When looking at strace output of the stuck process it shows a writev
call that receives an EAGAIN
right before the process gets to its stuck state:
[pid 24872] writev(14, [{iov_base="/home/jelte/.rbenv/versions/3.1.0/lib/ruby/gems/3.1.0/gems/rubocop-1.23.0/lib/rubocop/cop/lint/number_conversion.rb", iov_len=115}, {iov_base="\n", iov_len=1}], 2) = 116
[pid 24872] writev(14, [{iov_base="/home/jelte/.rbenv/versions/3.1.0/lib/ruby/gems/3.1.0/gems/rubocop-1.23.0/lib/rubocop/cop/lint/numbered_parameter_assignment.rb", iov_len=127}, {iov_base="\n", iov_len=1}], 2) = 128
[pid 24872] writev(14, [{iov_base="/home/jelte/.rbenv/versions/3.1.0/lib/ruby/gems/3.1.0/gems/rubocop-1.23.0/lib/rubocop/cop/lint/or_assignment_to_constant.rb", iov_len=123}, {iov_base="\n", iov_len=1}], 2) = 124
[pid 24872] writev(14, [{iov_base="/home/jelte/.rbenv/versions/3.1.0/lib/ruby/gems/3.1.0/gems/rubocop-1.23.0/lib/rubocop/cop/lint/ordered_magic_comments.rb", iov_len=120}, {iov_base="\n", iov_len=1}], 2) = 121
[pid 24872] writev(14, [{iov_base="/home/jelte/.rbenv/versions/3.1.0/lib/ruby/gems/3.1.0/gems/rubocop-1.23.0/lib/rubocop/cop/lint/out_of_range_regexp_ref.rb", iov_len=121}, {iov_base="\n", iov_len=1}], 2) = 122
[pid 24872] writev(14, [{iov_base="/home/jelte/.rbenv/versions/3.1.0/lib/ruby/gems/3.1.0/gems/rubocop-1.23.0/lib/rubocop/cop/lint/parentheses_as_grouped_expression"..., iov_len=131}, {iov_base="\n", iov_len=1}], 2) = 132
[pid 24872] writev(14, [{iov_base="/home/jelte/.rbenv/versions/3.1.0/lib/ruby/gems/3.1.0/gems/rubocop-1.23.0/lib/rubocop/cop/lint/percent_string_array.rb", iov_len=118}, {iov_base="\n", iov_len=1}], 2) = 119
[pid 24872] writev(14, [{iov_base="/home/jelte/.rbenv/versions/3.1.0/lib/ruby/gems/3.1.0/gems/rubocop-1.23.0/lib/rubocop/cop/lint/percent_symbol_array.rb", iov_len=118}, {iov_base="\n", iov_len=1}], 2) = 119
[pid 24872] writev(14, [{iov_base="/home/jelte/.rbenv/versions/3.1.0/lib/ruby/gems/3.1.0/gems/rubocop-1.23.0/lib/rubocop/cop/lint/raise_exception.rb", iov_len=113}, {iov_base="\n", iov_len=1}], 2) = -1 EAGAIN (Resource temporarily unavailable)

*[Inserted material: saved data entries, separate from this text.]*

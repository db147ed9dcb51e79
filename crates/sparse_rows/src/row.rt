//! One row: the entries of a place, by rising other place.
ghost use Rattle.std.specs.Prelude.{◌≡◌, ℕ, ◌+◌, ◌<◌, ◌≤◌, Bool, true, false, ◌||◌, ◌==◌, Option, Some, None, List, [], if◌then◌else◌, IfOk, IfErr, OnOk, OnErr, length, slice_index_or, ◌≢◌};
ghost use Rattle.dist_rows.specs.declared.cell.Cell.{Cell};
ghost use Rattle.dist_rows.specs.Cells.{is_lower, lesser, weight_in};
ghost use Rattle.sparse_rows.specs.declared.entry.Entry.{Entry};
ghost use Rattle.sparse_rows.specs.Entries.{cell_at, opens, knows, entry_in, entry_or, place_at, no_entry, IsRising, IsSought, IsGap, IsHere, IsChanged};

use crate::entry::Entry;
use dist_rows::{Cell, FAR};
use std::alloc::Global;
use std::cmp::min;
use std::marker::Model;
use stn_model::OutOfMemory;

// How many entries a walk along a row passes one by one before it looks further ahead by halves.
const AHEAD: usize = 8;

/// The entries of a place.
#[derive(Drop)]
pub struct Row {
    entries: Vec<Entry>,
}

impl Model for Row {
    ghost Value = { List Entry };

    ghost view = { λ r. r.entries.items };
}
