// A sparse design as one view: its three slices travel together. Each call over a view is the public call of the crate below over its matrix.
#![tactic(auto)]

ghost use Rattle.std.specs.Prelude.{[], ◌≡◌};
ghost use Rattle.doubles.specs.Answer.{outcome_of};
ghost use Rattle.designs.specs.Design.{csc_shape};
ghost use Rattle.designs.specs.Given.{given};
ghost use Rattle.designs.specs.Checks as checks';
ghost use Rattle.datafits.specs.Calls as calls;
ghost use Rattle.definition.specs.Preparation as prep;
ghost use Rattle.definition.specs.Call as call;
ghost use Rattle.definition.specs.Walk as walk;
ghost use Rattle.views.specs.Check.{design_fault};

use definition::{Report, Settings, Usable};
use designs::inner::admit;
use designs::{Feature, Matrix};
use doubles::Refusal;

// Column starts, the row of each stored value, and the stored values.
#[derive(Clone, Copy, Drop)]
pub struct CSCArray<'a> {
    pub starts: &'a [u32],
    pub rows: &'a [u32],
    pub values: &'a [f64],
}

pub fn new<'a>(starts: &'a [u32], rows: &'a [u32], values: &'a [f64]) -> CSCArray<'a>
    ensures { (result.starts ≡ starts.entry) × (result.rows ≡ rows.entry) × (result.values ≡ values.entry) }
{
    CSCArray {
        starts,
        rows,
        values,
    }
}

impl<'a> CSCArray<'a> {
    fn matrix(self, n: usize, p: usize) -> Matrix<'a>
        ensures { (result.shape ≡ csc_shape n p) × (result.starts ≡ self.entry.starts) × (result.rows ≡ self.entry.rows)
            × (result.values ≡ self.entry.values) }
    {
        Matrix::csc(n, p, self.starts, self.rows, self.values)
    }
}

// The check of a design alone: refusals 1, 4, 5 and 6.
pub fn check(x: CSCArray<'_>, n: usize, p: usize) -> Result<(), Refusal>
    ensures { outcome_of result ≡ design_fault (given (csc_shape n p) x.entry.starts.now x.entry.rows.now x.entry.values.now []) }
{
    admit(&x.matrix(n, p), &[], true, true)?;
    Ok(())
}

// The preparation: the constants, then X'y, into the first 2p places of a lent buffer, where all of them can be used.
pub fn prepare_sparse(
    x: CSCArray<'_>,
    n: usize,
    p: usize,
    y: &[f64],
    prepared: &mut [f64],
) -> Result<(), Refusal>
    ensures { let g = given (csc_shape n p) x.entry.starts.now x.entry.rows.now x.entry.values.now y.now in
        (outcome_of result ≡ prep.prepare_call g prepared.old)
        × (prepared.new ≡ prep.prepare_left g prepared.old) }
{
    preparation::prepare(&x.matrix(n, p), y, prepared)
}

// The solve with prepared numbers.
pub fn solve_sparse(
    x: CSCArray<'_>,
    n: usize,
    p: usize,
    y: &[f64],
    prepared: &[f64],
    settings: Settings,
    w: &mut [f64],
    fit: &mut [f64],
    indices: &mut [u32],
    scratch: &mut [f64],
) -> Result<Report, Refusal>
    ensures { let g = given (csc_shape n p) x.entry.starts.now x.entry.rows.now x.entry.values.now y.now in
        let b = call.lent w.old fit.old indices.old scratch.old in
        (outcome_of result ≡ call.solve_call g settings prepared.now b)
        × (call.lent w.new fit.new indices.new scratch.new
        ≡ call.solve_left g settings prepared.now b) }
{
    solvers::solve(
        &x.matrix(n, p),
        y,
        prepared,
        settings,
        w,
        fit,
        indices,
        scratch,
    )
}

// The walk over a list of falling alphas.
pub fn walk_sparse(
    x: CSCArray<'_>,
    n: usize,
    p: usize,
    y: &[f64],
    alphas: &[f64],
    prepared: &mut [f64],
    settings: Settings,
    most: usize,
    w: &mut [f64],
    fit: &mut [f64],
    indices: &mut [u32],
    scratch: &mut [f64],
) -> Result<Usable, Refusal>
    ensures { let g = given (csc_shape n p) x.entry.starts.now x.entry.rows.now x.entry.values.now y.now in
        let b = call.lent w.old fit.old indices.old scratch.old in
        (outcome_of result ≡ walk.walk_call g settings alphas.now most prepared.old b)
        × (call.lent w.new fit.new indices.new scratch.new
        ≡ walk.walk_left g settings alphas.now most prepared.old b)
        × (prepared.new ≡ walk.walk_numbers g settings alphas.now prepared.old b) }
{
    walks::walk(
        &x.matrix(n, p),
        y,
        alphas,
        prepared,
        settings,
        most,
        w,
        fit,
        indices,
        scratch,
    )
}

// The smallest alpha for which no weight leaves zero; X'y is left in the first p places of a lent buffer.
pub fn compute_alpha_max_sparse(
    x: CSCArray<'_>,
    n: usize,
    p: usize,
    y: &[f64],
    xty: &mut [f64],
) -> Result<f64, Refusal>
    ensures { let g = given (csc_shape n p) x.entry.starts.now x.entry.rows.now x.entry.values.now y.now in
        (outcome_of result ≡ calls.alpha_max_call g xty.old)
        × (xty.new ≡ calls.alpha_max_left g xty.old) }
{
    datafits::compute_alpha_max_sparse(n, p, x.starts, x.rows, x.values, y, xty)
}

// The constants and X'y into the first 2p places of a lent buffer.
pub fn initialize_sparse(
    x: CSCArray<'_>,
    n: usize,
    p: usize,
    y: &[f64],
    prepared: &mut [f64],
) -> Result<(), Refusal>
    ensures { let g = given (csc_shape n p) x.entry.starts.now x.entry.rows.now x.entry.values.now y.now in
        (outcome_of result ≡ checks'.preparation_fault g prepared.old)
        × (prepared.new ≡ calls.initialized g prepared.old) }
{
    datafits::initialize(&x.matrix(n, p), y, prepared)
}

// The gradient of a feature at a fit.
pub fn gradient_j_sparse(
    x: CSCArray<'_>,
    n: usize,
    p: usize,
    prepared: &[f64],
    fit: &[f64],
    feature: Feature,
) -> Result<f64, Refusal>
    ensures { let g = given (csc_shape n p) x.entry.starts.now x.entry.rows.now x.entry.values.now [] in
        outcome_of result ≡ calls.gradient_call g prepared.now fit.now feature.0 }
{
    datafits::gradient_j(&x.matrix(n, p), prepared, fit, feature)
}

// The gradients of all features at a fit, into the first p places of a lent buffer.
pub fn full_grad_sparse(
    x: CSCArray<'_>,
    n: usize,
    p: usize,
    prepared: &[f64],
    fit: &[f64],
    grad: &mut [f64],
) -> Result<(), Refusal>
    ensures { let g = given (csc_shape n p) x.entry.starts.now x.entry.rows.now x.entry.values.now [] in
        (outcome_of result ≡ calls.full_grad_fault g prepared.now fit.now grad.old)
        × (grad.new ≡ calls.full_grad g prepared.now fit.now grad.old) }
{
    datafits::full_grad(&x.matrix(n, p), prepared, fit, grad)
}

// The fit gains `diff` times a column.
pub fn update_model_fit_sparse(
    x: CSCArray<'_>,
    n: usize,
    p: usize,
    fit: &mut [f64],
    diff: f64,
    feature: Feature,
) -> Result<(), Refusal>
    ensures { let g = given (csc_shape n p) x.entry.starts.now x.entry.rows.now x.entry.values.now [] in
        (outcome_of result ≡ calls.update_fault g fit.old feature.0)
        × (fit.new ≡ calls.updated g fit.old diff feature.0) }
{
    datafits::update_model_fit(&x.matrix(n, p), fit, diff, feature)
}

// The fit of the weights at a list of features, all others counting as zero, into the first n places of a lent buffer.
pub fn compute_extrapolated_fit_sparse(
    x: CSCArray<'_>,
    n: usize,
    p: usize,
    ws: &[u32],
    w: &[f64],
    fit: &mut [f64],
) -> Result<(), Refusal>
    ensures { let g = given (csc_shape n p) x.entry.starts.now x.entry.rows.now x.entry.values.now [] in
        (outcome_of result ≡ calls.extrapolated_fault g ws.now w.now fit.old)
        × (fit.new ≡ calls.extrapolated_fit g ws.now w.now fit.old) }
{
    datafits::compute_extrapolated_fit(&x.matrix(n, p), ws, w, fit)
}
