// The sides of the boxes that answers settle, from the sides of the box of all positions.
ghost use Rattle.std.specs.Prelude.{◌≡◌, length};
ghost use Rattle.walk_visit.specs.Found.{Parted, Placed, last_sides, own_sides};

use marking::mark::Side;
use marking::place::place_of;

// The sides of the box from some places to the last ones.
pub fn put_last_sides(places: &[usize], sides: &mut [Side])
    requires { Placed sides.old places.now }
    ensures { sides.new ≡ last_sides sides.old places.now }
{
    for (i, place) in places.iter().enumerate() {
        sides[i].count -= *place;
    }
}

// The sides of the box from some places through those of a tree's costs y.
pub fn put_own_sides(values: &[i16], m: usize, places: &[usize], y: &[i16], sides: &mut [Side])
    requires { Parted m values.now sides.old × Placed sides.old places.now × (length y.now ≡ length sides.old) }
    ensures { sides.new ≡ own_sides m values.now sides.old places.now y.now }
{
    for (i, place) in places.iter().enumerate() {
        let from = i * m;
        let rest = &values[from + *place..from + sides[i].count];
        sides[i].count = place_of(rest, y[i]) + 1;
    }
}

[pid 24872] getpid() = 24872
[pid 24872] ppoll([{fd=14, events=POLLOUT}, {fd=7, events=POLLIN}], 2, NULL, NULL, 8 <unfinished ...>
[pid 24859] <... futex resumed> ) = -1 ETIMEDOUT (Connection timed out)
[pid 24859] select(0, NULL, NULL, NULL, {tv_sec=0, tv_usec=20}) = 0 (Timeout)
[pid 24859] futex(0x605f38, FUTEX_WAIT, 0, {tv_sec=60, tv_nsec=0}
The exact file at which the process receives the EAGAIN and is stuck is consistent across runs with the same Ruby version (at least on my machine). For 3.1.0 it's raise_exception.rb
and for 3.0.3 it's redundant_dir_glob_sort.rb
For reference this is the link to the repo of zeus
: https://github.com/burke/zeus
How to reproduce¶
See this example repo for minimal steps on how to reproduce this: https://github.com/JelteF/ruby-zeus-bug
Expectation¶
For Ruby to not get stuck after receiving EAGAIN
on the writev
call.
Updated by JelteF (Jelte Fennema) almost 3 years ago
I looked into this a bit more. And I'm pretty sure this is related to the introduction of the fiber scheduler.